- _DATA TO PROCESS_
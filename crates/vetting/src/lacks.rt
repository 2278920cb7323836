// The first pair, in pair order, that belongs and that no row names: looked for among the first nodes of a block, whose
// pairs named by rows are in the set.
ghost use Rattle.std.specs.Prelude.{◌≡◌, ◌≤◌, ◌<◌};
ghost use Rattle.vetting.specs.work.Lines.{LineAsked, SlotAsked, Block};
ghost use Rattle.vetting.specs.work.Meant.{MeantOf, Ready};
ghost use Rattle.vetting.specs.work.Lacks.{InSet, LackTold, FirstHigh, BlockHigh, BlockLack, open_to};

use crate::bits::has;
use crate::lines::{line_of, slot};
use crate::pairs::Pairs;

// A pair that is lacking.
#[derive(Clone, Copy)]
pub(crate) struct Lack {
    pub low: usize,
    pub high: usize,
}

// Whether the pair a, b belongs and is not in the set; t is its line.
fn is_lacking(bits: &[u64; 16384], t: usize, a: usize, b: usize, from: usize, pairs: &Pairs) -> bool
    requires { Ready pairs.now × SlotAsked pairs.now.n from t a b }
    ensures { LackTold (MeantOf pairs.now) (InSet pairs.now.n from bits.now) a b result }
{
    if has(bits, slot(t, a, b, pairs.n, from)) {
        return false;
    }
    let v = pairs.figure(a, b);
    pairs.passes(&v)
}

// Of first node a, whose line is t: the first second node of such a pair.
fn first_high(bits: &[u64; 16384], t: usize, a: usize, from: usize, pairs: &Pairs) -> Option<usize>
    requires { Ready pairs.now × LineAsked pairs.now.n from t a }
    ensures { FirstHigh (MeantOf pairs.now) (InSet pairs.now.n from bits.now) pairs.now.n a result }
{
    for b in a + 1..pairs.n {
        if is_lacking(bits, t, a, b, from, pairs) {
            return Some(b);
        }
    }
    None
}

// The same of any first node: none where its line is none of the block's.
fn block_high(
    bits: &[u64; 16384],
    a: usize,
    from: usize,
    end: usize,
    pairs: &Pairs,
) -> Option<usize>
    requires { Ready pairs.now × Block pairs.now.n from end × (a < pairs.now.n) }
    ensures { BlockHigh (MeantOf pairs.now) (InSet pairs.now.n from bits.now) pairs.now.n from end a
        result }
{
    let t = line_of(a, pairs.n);
    if t < from || end <= t {
        return None;
    }
    first_high(bits, t, a, from, pairs)
}

// The first nodes below which a pair would come before the one that is known.
fn open_to(n: usize, known: Option<Lack>) -> usize
    ensures { result ≡ open_to n known }
{
    match known {
        Some(lack) => lack.low,
        None => n,
    }
}

// The first such pair of the block, if it comes before the one that is known.
pub(crate) fn first_lack(
    bits: &[u64; 16384],
    known: Option<Lack>,
    from: usize,
    end: usize,
    pairs: &Pairs,
) -> Option<Lack>
    requires { Ready pairs.now
        × Block pairs.now.n from end
        × (open_to pairs.now.n known ≤ pairs.now.n) }
    ensures { BlockLack (MeantOf pairs.now) (InSet pairs.now.n from bits.now) pairs.now.n from end
        known result }
{
    for low in 0..open_to(pairs.n, known) {
        if let Some(high) = block_high(bits, low, from, end, pairs) {
            return Some(Lack { low, high });
        }
    }
    known
}
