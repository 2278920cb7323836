// The rows of the list one by one: whether a row is, byte for byte, the row of an entry that is meant.
ghost use Rattle.std.specs.Prelude.{◌+◌, ◌*◌, ◌≤◌, ◌<◌, length};
ghost use Rattle.limits.specs.work.Fits.{Decides};
ghost use Rattle.vetting.specs.work.Foreign.{Belongs, FirstForeign};
ghost use Rattle.vetting.specs.work.Meant.{MeantOf, Ready};

use crate::pairs::Pairs;
use numbers::{eight, four, two};
use pages::bits;

// Whether row i belongs: it names two nodes, lower first, its length and weight are theirs, and these pass.
fn belongs(list: &[u8], i: usize, pairs: &Pairs) -> bool
    requires { Ready pairs.now
        × (16 * i + 16 ≤ length list.now) }
    ensures { Decides (Belongs (MeantOf pairs.now) list.now i) result }
{
    let p = 16 * i;
    let a = two(list, p) as usize;
    let b = two(list, p + 2) as usize;
    if b <= a || pairs.n <= b {
        return false;
    }
    let v = pairs.figure(a, b);
    four(list, p + 4) == v.length && eight(list, p + 8) == bits(v.weight) && pairs.passes(&v)
}

// Of m rows the first that does not belong; m where all do. No Option: it is how many rows the blocks' passes go over.
pub(crate) fn first_foreign(list: &[u8], m: usize, pairs: &Pairs) -> usize
    requires { Ready pairs.now
        × (16 * m ≤ length list.now) }
    ensures { FirstForeign (MeantOf pairs.now) list.now m result }
{
    for i in 0..m {
        if !belongs(list, i, pairs) {
            return i;
        }
    }
    m
}
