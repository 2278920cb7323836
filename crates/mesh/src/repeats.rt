// Refusal 36: the first row that joins two nodes which an earlier row joins. A pair of nodes is a cell of a square; in
// each pass over the rows a quarter of the cells is noted where it is seen, so that the note takes 16 KiB and there are
// four passes at the most. A row with a cell outside the quarter goes by a place of its own, which is never seen, so
// that no test parts the rows: they may come in any order.
ghost use Rattle.std.specs.Prelude.{◌*◌, ◌<◌, MatchOption};
ghost use Rattle.net.specs.Net.{first_end, second_end};
ghost use Rattle.mesh.specs.work.Rows.{MeshReadable};
ghost use Rattle.mesh.specs.work.Bands.{NoRepeat};
ghost use Rattle.mesh.specs.work.Repeat.{Cell, SlotOf, SeenAs, RepeatIn, Top, FirstRepeat};

use crate::header::Head;
use net::{first_end, second_end};

// The cell of a row with these ends, the same either way round.
fn cell(p: usize, q: usize) -> usize
    requires { (p < 256) × (q < 256) }
    ensures { Cell p q result }
{
    if p < q { 256 * p + q } else { 256 * q + p }
}

// Its place among the 16,384 cells from `from` on; 16,384 for a cell that is not among them.
fn slot(from: usize, c: usize) -> usize
    requires { from < 65536 }
    ensures { SlotOf from c result }
{
    if c < from || from + 16384 <= c {
        16384
    } else {
        c - from
    }
}

// What is noted at a place: 1, and 0 at the one of the cells outside.
fn seen_as(j: usize) -> u8
    ensures { SeenAs j result }
{
    u8::from(j < 16384)
}

// Of the rows below limit with cells among these the first that repeats a pair, or limit: either is the limit of the
// next pass, so that there is no None here.
fn repeat_in(s: &[u8], from: usize, limit: usize) -> usize
    requires { MeshReadable s.now limit 256 × (from < 65536) }
    ensures { RepeatIn (first_end s.now) (second_end s.now) from limit result }
{
    let mut seen: [u8; 16385] = [0; 16385];
    for r in 0..limit {
        let j = slot(from, cell(first_end(s, r), second_end(s, r)));
        if seen[j] != 0 {
            return r;
        }
        seen[j] = seen_as(j);
    }
    limit
}

// How many rows are looked at: of 65,537 rows two join the same nodes, so that a long table costs no more.
fn top(rows: usize) -> usize
    ensures { Top rows result }
{
    rows.min(65537)
}

// The first row that repeats a pair. Never inlined, nor is from_all: what is noted here and the trees there would be on
// the stack at once.
#[inline(never)]
pub(crate) fn first_repeat(s: &[u8], head: Head) -> Option<usize>
    requires { MeshReadable s.now head.rows head.nodes }
    ensures { MatchOption result (NoRepeat (first_end s.now) (second_end s.now) head.rows)
        (λ r. FirstRepeat (first_end s.now) (second_end s.now) head.rows r) }
{
    let mut r = top(head.rows);
    for from in (0..256 * head.nodes).step_by(16384) {
        r = repeat_in(s, from, r);
    }
    if r < head.rows { Some(r) } else { None }
}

- _WHAT YOU HAVE TO DO_
Count the lines in the listing above that include the word "passes", and respond with that number alone.

- _WRITTEN RESPONSE_
4